--- Exercise prompt ---
Would you repeat each of the lines below exactly?

Stored entries
================

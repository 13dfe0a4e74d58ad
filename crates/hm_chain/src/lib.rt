//! Chain replication: a write passes from the head down to the tail, which commits it and answers.
#![tactic(auto)]

pub mod chain;
mod neighbours;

================

--- Reply to the exercise ---
repository 13dfe0a4e74d58ad
filename crates/hm_chain/src/lib.rt
//! Chain replication: a write passes from the head down to the tail, which commits it and answers.
#![tactic(auto)]

pub mod chain;
mod neighbours;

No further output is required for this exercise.